◆ **WHAT TO WORK ON**
Go through the listing and pick out each line with the word "where" in it.

[EXERCISE INPUT]

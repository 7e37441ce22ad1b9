// A text line by line: what is finished, and what is open.
ghost use Rattle.std.specs.Prelude.{◌≡◌, ◌++◌, ◌∷◌, [], map, true, Some, None, if◌then◌else◌, option_map, IfOk, OnOk, IsTrue};
ghost use Rattle.std.specs.List.{list_all};
ghost use Rattle.c65_code.specs.Segments.{is_among, labels_of, targets_of, is_closing, closed_by, is_closed};
ghost use Rattle.c65_asm.specs.Rows.{told};
ghost use Rattle.c65_asm.specs.Opened.{OpenedFunction};
ghost use Rattle.c65_asm.specs.Symbols.{symbols_of};
ghost use Rattle.c65_asm.specs.Read.{seen, on_if, PutsBytes, Begins, finished_at, finished};
ghost use Rattle.c65_asm.specs.Reading.{start, is_new, with_line, may_end, closed, bytes_in, with_values, with_bytes, with_address, datum_of, begun, named, symbol_now, begin_function, begin_data, zero_datum, with_datum, put_zeros, head, top, with_function, opened_function, put_row, in_function, opened_datum, put_address, in_data, step_in, step, new_function, new_datum};

use crate::lines::line_of;
use crate::row::{Row, row_of};
use crate::table::{Numbers, Table};
use crate::words::byte;
use c65_code::{
    Code, DataCell, Datum, DatumKind, Draft, Items, Line, Operand, RegSet, Seg, Sym, Symbol,
};
use c65_mach::Op;
use std::alloc::{AllocError, Global};
use std::marker::Model;
use std::mem;

/// A function whose end has not come.
#[derive(Drop)]
struct OpenFunction {
    sym: Sym,
    draft: Draft,
    labels: Numbers,
}

impl Model for OpenFunction {
    ghost use Rattle.std.specs.Prelude.{◌≡◌, IsTrue};
    ghost use Rattle.std.specs.List.{list_all};
    ghost use Rattle.c65_code.specs.Segments.{is_fit, is_distinct, labels_of};
    ghost use Rattle.c65_asm.specs.Opened.{OpenedFunction};

    ghost Value = { OpenedFunction };

    ghost view = { λ f. record { sym = f.sym; out = f.draft.out; lines = f.draft.lines } };

    ghost invariant = { λ f. (f.labels ≡ labels_of f.draft.lines) × IsTrue (list_all is_fit f.draft.lines) × IsTrue (is_distinct f.labels) };
}

/// Data whose end has not come, and whether the last line of bytes has room.
#[derive(Drop)]
struct OpenData {
    sym: Sym,
    kind: DatumKind,
    cells: Vec<DataCell>,
    has_room: bool,
}

impl Model for OpenData {
    ghost use Rattle.c65_asm.specs.Opened.{OpenedDatum};

    ghost Value = { OpenedDatum };

    ghost view = { λ d. record { sym = d.sym; kind = d.kind; cells = d.cells.items; has_room = d.has_room } };
}

#[derive(Drop)]
enum Open {
    /// Nothing, before the first line.
    Start,
    /// Nothing; functions may follow, and data.
    Functions,
    /// Nothing; data alone may follow.
    Data,
    Function(OpenFunction),
    Datum(OpenData),
}

/// What the lines so far say.
#[derive(Drop)]
pub struct Reader {
    alloc: Global,
    table: Table,
    bodies: Numbers,
    functions: Vec<(Sym, Seg)>,
    datums: Vec<Datum>,
    main_args: bool,
    opened: Open,
}

// Whether each label that the lines name is one of these.
fn have_labels(labels: &Numbers, lines: &[Line]) -> bool
    ensures { result ≡ list_all (is_among labels.now) (targets_of lines.now) }
{
    for line in lines {
        if let Line::Do(_, _, Operand::To(label)) = line {
            if !labels.has(*label) {
                return false;
            }
        }
    }
    true
}

fn is_closing(line: &Line) -> bool
    ensures { result ≡ is_closing line.now }
{
    match line {
        Line::Do(op, _, _) => matches!(op, Op::Rts | Op::Jmp),
        Line::Label(_) | Line::Call(_) => false,
    }
}

fn is_closed(lines: &[Line]) -> bool
    ensures { result ≡ is_closed lines.now }
{
    let mut closed = false;
    for line in lines {
        closed = is_closing(line);
    }
    closed
}

fn is_new(labels: &Numbers, line: &Line) -> bool
    ensures { (lines : _) → labels.now ≡ labels_of lines → result ≡ is_new lines line.now }
{
    match line {
        Line::Label(label) => !labels.has(*label),
        Line::Do(_, _, _) | Line::Call(_) => true,
    }
}

// The labels with that of a line.
fn add_label(labels: &mut Numbers, line: &Line) -> Result<(), AllocError>
    ensures { (lines : _) → labels.old ≡ labels_of lines → IsTrue (is_new lines line.now) → OnOk result (labels.new ≡ labels_of (lines ++ line.now ∷ [])) }
{
    match line {
        Line::Label(label) => {
            labels.add(*label)?;
            Ok(())
        }
        Line::Do(_, _, _) => Ok(()),
        Line::Call(_) => Ok(()),
    }
}

impl OpenFunction {
    fn new(alloc: Global, sym: Sym, out: RegSet) -> OpenFunction
        ensures { result ≡ record { sym = sym; out = out; lines = [] } }
    {
        OpenFunction {
            sym,
            draft: Draft::new(alloc, out),
            labels: Numbers::new(alloc),
        }
    }

    // With one line more, where it may stand here.
    fn with_line(self, line: Line) -> Result<Option<OpenFunction>, AllocError>
        ensures { IfOk result (λ opened. opened ≡ with_line self line) }
    {
        let OpenFunction {
            sym,
            mut draft,
            mut labels,
        } = self;
        if !line.is_fit() || !is_new(&labels, &line) {
            drop(draft);
            drop(labels);
            return Ok(None);
        }
        match add_label(&mut labels, &line) {
            Ok(()) => {}
            Err(error) => {
                drop(draft);
                drop(labels);
                return Err(error);
            }
        }
        match draft.push(line) {
            Ok(()) => Ok(Some(OpenFunction { sym, draft, labels })),
            Err(refusal) => {
                drop(refusal);
                drop(draft);
                drop(labels);
                Err(AllocError)
            }
        }
    }

    // The function, where it may end here.
    fn closed(self) -> Option<(Sym, Seg)>
        ensures { result ≡ closed self }
    {
        let OpenFunction { sym, draft, labels } = self;
        if have_labels(&labels, draft.lines()) && is_closed(draft.lines()) {
            Some((sym, draft.close()))
        } else {
            None
        }
    }
}

// Bytes with commas between them.
fn put_bytes(cells: &mut Vec<DataCell>, text: &[u8]) -> Result<bool, AllocError>
    ensures { IfOk result (λ is_well. PutsBytes cells.old.items cells.new.items (bytes_in text.now) is_well) }
{
    let mut rest = text;
    while rest.len() > 3 {
        if rest[3] != b',' {
            return Ok(false);
        }
        let Some(value) = byte(&rest[..3]) else {
            return Ok(false);
        };
        cells.push(DataCell::Byte(value))?;
        rest = &rest[4..];
    }
    let Some(value) = byte(rest) else {
        return Ok(false);
    };
    cells.push(DataCell::Byte(value))?;
    Ok(true)
}

impl OpenData {
    // 1 to 16 bytes with commas between them; a line that has room is not followed by another one.
    fn with_bytes(self, text: &[u8]) -> Result<Option<OpenData>, AllocError>
        ensures { IfOk result (λ opened. opened ≡ with_bytes self text.now) }
    {
        let OpenData {
            sym,
            kind,
            mut cells,
            has_room,
        } = self;
        if has_room {
            return Ok(None);
        }
        let before = cells.len();
        if !put_bytes(&mut cells, text)? {
            return Ok(None);
        }
        let count = cells.len() - before;
        if count > 16 {
            return Ok(None);
        }
        Ok(Some(OpenData {
            sym,
            kind,
            cells,
            has_room: count < 16,
        }))
    }

    fn with_address(self, at: Sym, offset: u16) -> Result<OpenData, AllocError>
        ensures { IfOk result (λ opened. opened ≡ with_address self at offset) }
    {
        let OpenData {
            sym,
            kind,
            mut cells,
            ..
        } = self;
        cells.push(DataCell::Address(at, offset))?;
        Ok(OpenData {
            sym,
            kind,
            cells,
            has_room: false,
        })
    }

    // The datum, where it may end here.
    fn closed(self) -> Option<Datum>
        ensures { result ≡ datum_of self }
    {
        let OpenData {
            sym,
            kind,
            cells,
            ..
        } = self;
        if cells.is_empty() {
            return None;
        }
        Some(Datum {
            sym,
            kind,
            cells: Items::from_vec(cells),
            zeros: 0,
        })
    }
}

[/EXERCISE INPUT]

◆ **ANSWER SPACE**
    // With one line more, where it may stand here.
    // The function, where it may end here.
    // The datum, where it may end here.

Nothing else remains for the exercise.